I want to tell about the day before, the week before. In the middle of the week, in the middle of a sunny afternoon, Toby and I took to the bed in the yellow nursery and made love to each other. I wanted to say that, to not forget that still, sunlit moment of two together.

Saturday I remember little. I think Toby went to services and I stayed home. After sundown our friend Sandra came down from Boston - she is actually another old acquaintance from Baltimore days - and we went for pizza. Violet joined us, and we went to Waterfire, which I still haven't found the time to describe here. Downtown is filled with rivers that flow between stone banks above ground, and the rivers are filled with floating cauldrons, which are filled with firewood. A dark boat helmed by dark-clad figures drifts among the flames, replenishing the wood as it goes.

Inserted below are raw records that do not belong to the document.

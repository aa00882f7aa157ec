//! The raw token at the front of a text.

ghost use Rattle.std.specs.Prelude.{ℕ, ◌≡◌, Some, drop, slice_get};
ghost use Rattle.ssr_syntax_lex.specs.Raw as spec;
ghost use Rattle.ssr_syntax_lex.specs.Characters.{the_char};
ghost use Rattle.ssr_syntax_lex.specs.Private.Steps.{PassesOver, Takes, IsPlain};
ghost use Rattle.ssr_syntax_lex.specs.declared.fault.FaultKind.TheVariants as faults;

use crate::characters::{
    continues_word, is_digit, is_hash, is_in_line, is_whitespace, starts_word,
};
use crate::cursor::Cursor;
use crate::fault::FaultKind;
use crate::numbers::eat_number;
use crate::scan::{eat_block_comment, eat_char, eat_quoted, eat_raw_string};
use crate::words::{mark_kind, word_kind};
use ssr_syntax_kinds::SyntaxKind;

/// Whether `r`, any number of `#` and `"` come next.
fn begins_raw_string(cursor: &Cursor<'_>) -> bool
    ensures { result ≡ spec.begins_raw_string cursor.now }
{
    if !cursor.is_at('r') {
        return false;
    }
    let mut ahead = cursor.fork();
    ahead.bump();
    ahead.eat_while(is_hash);
    ahead.is_at('"')
}

/// Whether a string comes behind the next character.
fn begins_string_behind(cursor: &Cursor<'_>) -> bool
    ensures { result ≡ spec.begins_string (drop 1 cursor.now) }
{
    let mut ahead = cursor.fork();
    ahead.bump();
    ahead.is_at('"') || begins_raw_string(&ahead)
}

/// Whether `r#` and a word other than `_` come next.
fn begins_raw_identifier(cursor: &Cursor<'_>) -> bool
    ensures { result ≡ spec.begins_raw_identifier cursor.now }
{
    cursor.is_pair('r', '#')
        && cursor.third().is_some_and(starts_word)
        && !(cursor.third().is_some_and(|c| c == '_')
            && !cursor.fourth().is_some_and(continues_word))
}

/// Whether a word, whose first character isn't directly followed by `'`, comes behind the next character.
fn begins_lifetime_behind(cursor: &Cursor<'_>) -> bool
    ensures { result ≡ spec.begins_lifetime_behind cursor.now }
{
    cursor.second().is_some_and(starts_word) && !cursor.third().is_some_and(|c| c == '\'')
}

/// Passes over a word, and gives its kind.
fn eat_word(cursor: &mut Cursor<'_>) -> SyntaxKind
    ensures kind { result ≡ spec.kind_of_word cursor.old }
    ensures rest { cursor.new ≡ spec.past_word cursor.old }
{
    let word = cursor.eat_while(continues_word);
    word_kind(word)
}

/// Passes over the string that comes next.
fn eat_string(cursor: &mut Cursor<'_>) -> Result<(), FaultKind>
    ensures { PassesOver faults.UnclosedString result (spec.past_string cursor.old) cursor.new }
{
    let plain = cursor.is_at('"');
    cursor.bump();
    if plain {
        eat_quoted(cursor)
    } else {
        eat_raw_string(cursor)
    }
}

/// Passes over a comment or `/`.
#[tactic(auto, using(crate::proofs::FirstCharacters::slash_rows))]
fn eat_slash(cursor: &mut Cursor<'_>) -> Result<SyntaxKind, FaultKind>
    requires { slice_get cursor.old 0 ≡ Some (the_char "/") }
    ensures { (dots : ℕ) → Takes (spec.fault_of cursor.old) result (spec.token dots cursor.old) cursor.new }
{
    if cursor.is_second('/') {
        cursor.eat_while(is_in_line);
        return Ok(SyntaxKind::COMMENT);
    }
    if cursor.is_second('*') {
        eat_block_comment(cursor)?;
        return Ok(SyntaxKind::COMMENT);
    }
    cursor.bump();
    Ok(SyntaxKind::SLASH)
}

/// Passes over what begins with `"`.
#[tactic(auto, using(crate::proofs::FirstCharacters::quote_rows))]
fn eat_quote(cursor: &mut Cursor<'_>) -> Result<SyntaxKind, FaultKind>
    requires { slice_get cursor.old 0 ≡ Some (the_char "\"") }
    ensures { (dots : ℕ) → Takes (spec.fault_of cursor.old) result (spec.token dots cursor.old) cursor.new }
{
    cursor.bump();
    eat_quoted(cursor)?;
    Ok(SyntaxKind::STRING)
}

/// Passes over what begins with `r`: a raw string, a raw identifier or a word.
#[tactic(auto, using(crate::proofs::FirstCharacters::r_rows))]
fn eat_r(cursor: &mut Cursor<'_>) -> Result<SyntaxKind, FaultKind>
    requires { slice_get cursor.old 0 ≡ Some (the_char "r") }
    ensures { (dots : ℕ) → Takes (spec.fault_of cursor.old) result (spec.token dots cursor.old) cursor.new }
{
    if begins_raw_string(cursor) {
        cursor.bump();
        eat_raw_string(cursor)?;
        return Ok(SyntaxKind::STRING);
    }
    if begins_raw_identifier(cursor) {
        cursor.bump_pair();
        cursor.eat_while(continues_word);
        return Ok(SyntaxKind::IDENT);
    }
    Ok(eat_word(cursor))
}

/// Passes over what begins with `b`: a string of bytes, a byte or a word.
#[tactic(auto, using(crate::proofs::FirstCharacters::b_rows))]
fn eat_b(cursor: &mut Cursor<'_>) -> Result<SyntaxKind, FaultKind>
    requires { slice_get cursor.old 0 ≡ Some (the_char "b") }
    ensures { (dots : ℕ) → Takes (spec.fault_of cursor.old) result (spec.token dots cursor.old) cursor.new }
{
    if begins_string_behind(cursor) {
        cursor.bump();
        eat_string(cursor)?;
        return Ok(SyntaxKind::BYTE_STRING);
    }
    if cursor.is_second('\'') {
        cursor.bump_pair();
        eat_char(cursor, FaultKind::UnclosedByte)?;
        return Ok(SyntaxKind::BYTE);
    }
    Ok(eat_word(cursor))
}

/// Passes over what begins with `c`: a C string or a word.
#[tactic(auto, using(crate::proofs::FirstCharacters::c_rows))]
fn eat_c(cursor: &mut Cursor<'_>) -> Result<SyntaxKind, FaultKind>
    requires { slice_get cursor.old 0 ≡ Some (the_char "c") }
    ensures { (dots : ℕ) → Takes (spec.fault_of cursor.old) result (spec.token dots cursor.old) cursor.new }
{
    if begins_string_behind(cursor) {
        cursor.bump();
        eat_string(cursor)?;
        return Ok(SyntaxKind::C_STRING);
    }
    Ok(eat_word(cursor))
}

/// Passes over what begins with `'`: a lifetime or a character.
#[tactic(auto, using(crate::proofs::FirstCharacters::apostrophe_rows))]
fn eat_lifetime_or_char(cursor: &mut Cursor<'_>) -> Result<SyntaxKind, FaultKind>
    requires { slice_get cursor.old 0 ≡ Some (the_char "'") }
    ensures { (dots : ℕ) → Takes (spec.fault_of cursor.old) result (spec.token dots cursor.old) cursor.new }
{
    let is_lifetime = begins_lifetime_behind(cursor);
    cursor.bump();
    if is_lifetime {
        cursor.eat_while(continues_word);
        return Ok(SyntaxKind::LIFETIME_IDENT);
    }
    eat_char(cursor, FaultKind::UnclosedChar)?;
    Ok(SyntaxKind::CHAR)
}

/// Passes over a token that needs no second look: punctuation, white space, a word or a number.
#[tactic(auto, using(crate::proofs::FirstCharacters::plain_rows))]
fn eat_other(cursor: &mut Cursor<'_>, first: char, dots: u32) -> Result<SyntaxKind, FaultKind>
    requires comes { slice_get cursor.old 0 ≡ Some first }
    requires plain { IsPlain first }
    ensures { Takes (spec.fault_of cursor.old) result (spec.token dots cursor.old) cursor.new }
{
    if let Some(kind) = mark_kind(first) {
        cursor.bump();
        return Ok(kind);
    }
    if is_whitespace(first) {
        cursor.bump();
        cursor.eat_while(is_whitespace);
        return Ok(SyntaxKind::WHITESPACE);
    }
    if starts_word(first) {
        return Ok(eat_word(cursor));
    }
    if is_digit(first) {
        return Ok(eat_number(cursor, dots));
    }
    Err(FaultKind::NoToken)
}

/// Passes over the token that comes next, and gives its kind. `dots` counts the `.` directly in front of it.
#[tactic(auto, using(crate::proofs::FirstCharacters::no_rows))]
pub(crate) fn eat_token(cursor: &mut Cursor<'_>, dots: u32) -> Result<SyntaxKind, FaultKind>
    ensures { Takes (spec.fault_of cursor.old) result (spec.token dots cursor.old) cursor.new }
{
    let Some(first) = cursor.first() else {
        return Err(FaultKind::NoToken);
    };
    match first {
        '/' => eat_slash(cursor),
        '"' => eat_quote(cursor),
        'r' => eat_r(cursor),
        'b' => eat_b(cursor),
        'c' => eat_c(cursor),
        '\'' => eat_lifetime_or_char(cursor),
        _ => eat_other(cursor, first, dots),
    }
}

Speakers are strung everywhere and the whole downtown fills with the scent of woodsmoke and the sound of haunting music and every time they stage it it's one of the most beautiful experiences we've ever had in our lives.

This Saturday, though cold, was no exception. The four of us strolled together to the strains of Gypsy guitar music. I carried Ruby, swaddled tightly in a blanket, and her small pointed black face poking out drew many admirers, as usual. I ached a little, but it was good to be out in the night, with the flames and the music and the people.

Sandra stayed over and Sunday we had bagels and fish and blueberry waffles and fruit salad. Then we went for a long drive down to Westerly to see the ocean. So on the day before my daughter came into the world, Toby saw to it that I could take the sea into my eyes. If I close them I can see it still. The wind was brisk but we went right up to the edge of the water.

We drove some more. Sandra slept - I remembered what it was like to work weeks, and how good it felt to sleep in the car on Sunday. Our last stop was a wildlife refuge, where we walked through the fields to a vast pond covered with waterfowl. We sat together on the wooden observation deck, roamed the pond's edges in the sunlight.

It saddens me that Toby and I weren't more affectionate with each other on this the Last Day. But it seemed rude to carry on in front of Sandra, though we stole kisses while she slept and little squeezes when she wasn't looking.

We walked back to the car, shuffling our feet in the fallen leaves. We took Sandra to the train. We did a little grocery shopping. Night fell as we drove home. I wish I could remember what we talked about. I cooked something - a potato, maybe? - and called my mother, and from that point forward you know.

So. Monday morning. XXXX and I alone, waiting for everyone to arrive. We work on eating. It's gray outside, a flat gray stretching as far as the eye can see. It is the most beautiful day I've ever seen. Toby finally shows, clean and carrying a rose. I wonder who the flower is from but in my heart I wish above all for it to be from him. And it is.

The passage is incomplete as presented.